Print out the entries that follow exactly, missing none.

▼▼▼

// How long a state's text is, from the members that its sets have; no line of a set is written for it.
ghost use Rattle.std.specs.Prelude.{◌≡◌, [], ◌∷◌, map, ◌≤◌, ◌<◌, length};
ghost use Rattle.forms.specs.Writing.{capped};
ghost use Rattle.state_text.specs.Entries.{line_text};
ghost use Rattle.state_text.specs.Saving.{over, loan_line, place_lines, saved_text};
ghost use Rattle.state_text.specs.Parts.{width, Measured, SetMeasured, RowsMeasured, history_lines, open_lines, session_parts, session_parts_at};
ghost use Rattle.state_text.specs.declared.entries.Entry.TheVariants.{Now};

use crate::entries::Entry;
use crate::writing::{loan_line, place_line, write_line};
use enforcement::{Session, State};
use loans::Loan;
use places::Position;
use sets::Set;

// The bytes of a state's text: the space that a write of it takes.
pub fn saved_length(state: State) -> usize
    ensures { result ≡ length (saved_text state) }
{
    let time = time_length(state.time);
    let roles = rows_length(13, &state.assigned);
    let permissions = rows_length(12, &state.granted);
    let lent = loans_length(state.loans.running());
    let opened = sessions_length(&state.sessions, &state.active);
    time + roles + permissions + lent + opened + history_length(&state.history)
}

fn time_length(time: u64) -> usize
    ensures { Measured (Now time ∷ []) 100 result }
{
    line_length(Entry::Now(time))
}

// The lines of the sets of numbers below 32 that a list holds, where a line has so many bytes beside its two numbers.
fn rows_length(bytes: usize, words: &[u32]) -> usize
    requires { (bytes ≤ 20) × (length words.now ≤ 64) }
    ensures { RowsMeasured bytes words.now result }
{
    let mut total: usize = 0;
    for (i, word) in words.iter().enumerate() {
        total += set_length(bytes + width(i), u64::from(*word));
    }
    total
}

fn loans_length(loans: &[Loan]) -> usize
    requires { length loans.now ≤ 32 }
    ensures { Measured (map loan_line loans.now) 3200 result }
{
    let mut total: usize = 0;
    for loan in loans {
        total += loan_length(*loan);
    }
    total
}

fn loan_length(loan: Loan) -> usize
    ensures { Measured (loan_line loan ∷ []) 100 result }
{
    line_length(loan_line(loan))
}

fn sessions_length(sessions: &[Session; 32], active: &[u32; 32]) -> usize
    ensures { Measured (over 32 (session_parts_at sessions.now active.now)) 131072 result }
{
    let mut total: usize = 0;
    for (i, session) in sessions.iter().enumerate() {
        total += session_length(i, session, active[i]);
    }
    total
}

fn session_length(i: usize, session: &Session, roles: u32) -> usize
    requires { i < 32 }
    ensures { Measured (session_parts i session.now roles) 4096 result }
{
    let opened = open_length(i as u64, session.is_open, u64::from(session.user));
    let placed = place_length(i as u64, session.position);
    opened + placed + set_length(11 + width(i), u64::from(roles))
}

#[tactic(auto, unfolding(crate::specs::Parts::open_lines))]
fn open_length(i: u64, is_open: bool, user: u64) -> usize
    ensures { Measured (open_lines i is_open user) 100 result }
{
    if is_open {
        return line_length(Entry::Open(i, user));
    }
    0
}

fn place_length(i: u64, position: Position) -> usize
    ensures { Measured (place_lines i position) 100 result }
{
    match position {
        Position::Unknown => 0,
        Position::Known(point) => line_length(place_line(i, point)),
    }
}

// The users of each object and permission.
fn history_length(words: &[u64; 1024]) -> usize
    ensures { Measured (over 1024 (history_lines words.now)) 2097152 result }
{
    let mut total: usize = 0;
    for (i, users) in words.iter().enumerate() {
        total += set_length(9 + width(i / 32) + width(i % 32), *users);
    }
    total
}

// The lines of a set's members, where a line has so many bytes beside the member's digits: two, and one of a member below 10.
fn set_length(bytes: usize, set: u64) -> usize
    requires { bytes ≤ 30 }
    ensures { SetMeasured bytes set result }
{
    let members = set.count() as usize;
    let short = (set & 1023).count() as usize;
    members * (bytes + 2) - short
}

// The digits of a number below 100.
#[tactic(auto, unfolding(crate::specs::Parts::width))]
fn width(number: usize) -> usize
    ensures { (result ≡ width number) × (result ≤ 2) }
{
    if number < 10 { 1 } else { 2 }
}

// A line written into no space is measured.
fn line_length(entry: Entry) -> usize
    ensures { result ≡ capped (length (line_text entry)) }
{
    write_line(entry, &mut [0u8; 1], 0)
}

▲▲▲

* _Task answer_
// How long a state's text is, from the members that its sets have; no line of a set is written for it.
ghost use Rattle.std.specs.Prelude.{◌≡◌, [], ◌∷◌, map, ◌≤◌, ◌<◌, length};
ghost use Rattle.forms.specs.Writing.{capped};
ghost use Rattle.state_text.specs.Entries.{line_text};
ghost use Rattle.state_text.specs.Saving.{over, loan_line, place_lines, saved_text};
ghost use Rattle.state_text.specs.Parts.{width, Measured, SetMeasured, RowsMeasured, history_lines, open_lines, session_parts, session_parts_at};
ghost use Rattle.state_text.specs.declared.entries.Entry.TheVariants.{Now};

use crate::entries::Entry;
use crate::writing::{loan_line, place_line, write_line};
use enforcement::{Session, State};
use loans::Loan;
use places::Position;
use sets::Set;

// The bytes of a state's text: the space that a write of it takes.
pub fn saved_length(state: State) -> usize
    ensures { result ≡ length (saved_text state) }
{
    let time = time_length(state.time);
    let roles = rows_length(13, &state.assigned);
    let permissions = rows_length(12, &state.granted);
    let lent = loans_length(state.loans.running());
    let opened = sessions_length(&state.sessions, &state.active);
    time + roles + permissions + lent + opened + history_length(&state.history)
}

fn time_length(time: u64) -> usize
    ensures { Measured (Now time ∷ []) 100 result }
{
    line_length(Entry::Now(time))
}

// The lines of the sets of numbers below 32 that a list holds, where a line has so many bytes beside its two numbers.
fn rows_length(bytes: usize, words: &[u32]) -> usize
    requires { (bytes ≤ 20) × (length words.now ≤ 64) }
    ensures { RowsMeasured bytes words.now result }
{
    let mut total: usize = 0;
    for (i, word) in words.iter().enumerate() {
        total += set_length(bytes + width(i), u64::from(*word));
    }
    total
}

fn loans_length(loans: &[Loan]) -> usize
    requires { length loans.now ≤ 32 }
    ensures { Measured (map loan_line loans.now) 3200 result }
{
    let mut total: usize = 0;
    for loan in loans {
        total += loan_length(*loan);
    }
    total
}

fn loan_length(loan: Loan) -> usize
    ensures { Measured (loan_line loan ∷ []) 100 result }
{
    line_length(loan_line(loan))
}

fn sessions_length(sessions: &[Session; 32], active: &[u32; 32]) -> usize
    ensures { Measured (over 32 (session_parts_at sessions.now active.now)) 131072 result }
{
    let mut total: usize = 0;
    for (i, session) in sessions.iter().enumerate() {
        total += session_length(i, session, active[i]);
    }
    total
}

fn session_length(i: usize, session: &Session, roles: u32) -> usize
    requires { i < 32 }
    ensures { Measured (session_parts i session.now roles) 4096 result }
{
    let opened = open_length(i as u64, session.is_open, u64::from(session.user));
    let placed = place_length(i as u64, session.position);
    opened + placed + set_length(11 + width(i), u64::from(roles))
}

#[tactic(auto, unfolding(crate::specs::Parts::open_lines))]
fn open_length(i: u64, is_open: bool, user: u64) -> usize
    ensures { Measured (open_lines i is_open user) 100 result }
{
    if is_open {
        return line_length(Entry::Open(i, user));
    }
    0
}

fn place_length(i: u64, position: Position) -> usize
    ensures { Measured (place_lines i position) 100 result }
{
    match position {
        Position::Unknown => 0,
        Position::Known(point) => line_length(place_line(i, point)),
    }
}

// The users of each object and permission.
fn history_length(words: &[u64; 1024]) -> usize
    ensures { Measured (over 1024 (history_lines words.now)) 2097152 result }
{
    let mut total: usize = 0;
    for (i, users) in words.iter().enumerate() {
        total += set_length(9 + width(i / 32) + width(i % 32), *users);
    }
    total
}

// The lines of a set's members, where a line has so many bytes beside the member's digits: two, and one of a member below 10.
fn set_length(bytes: usize, set: u64) -> usize
    requires { bytes ≤ 30 }
    ensures { SetMeasured bytes set result }
{
    let members = set.count() as usize;
    let short = (set & 1023).count() as usize;
    members * (bytes + 2) - short
}

// The digits of a number below 100.
#[tactic(auto, unfolding(crate::specs::Parts::width))]
fn width(number: usize) -> usize
    ensures { (result ≡ width number) × (result ≤ 2) }
{
    if number < 10 { 1 } else { 2 }
}

// A line written into no space is measured.
fn line_length(entry: Entry) -> usize
    ensures { result ≡ capped (length (line_text entry)) }
{
    write_line(entry, &mut [0u8; 1], 0)
}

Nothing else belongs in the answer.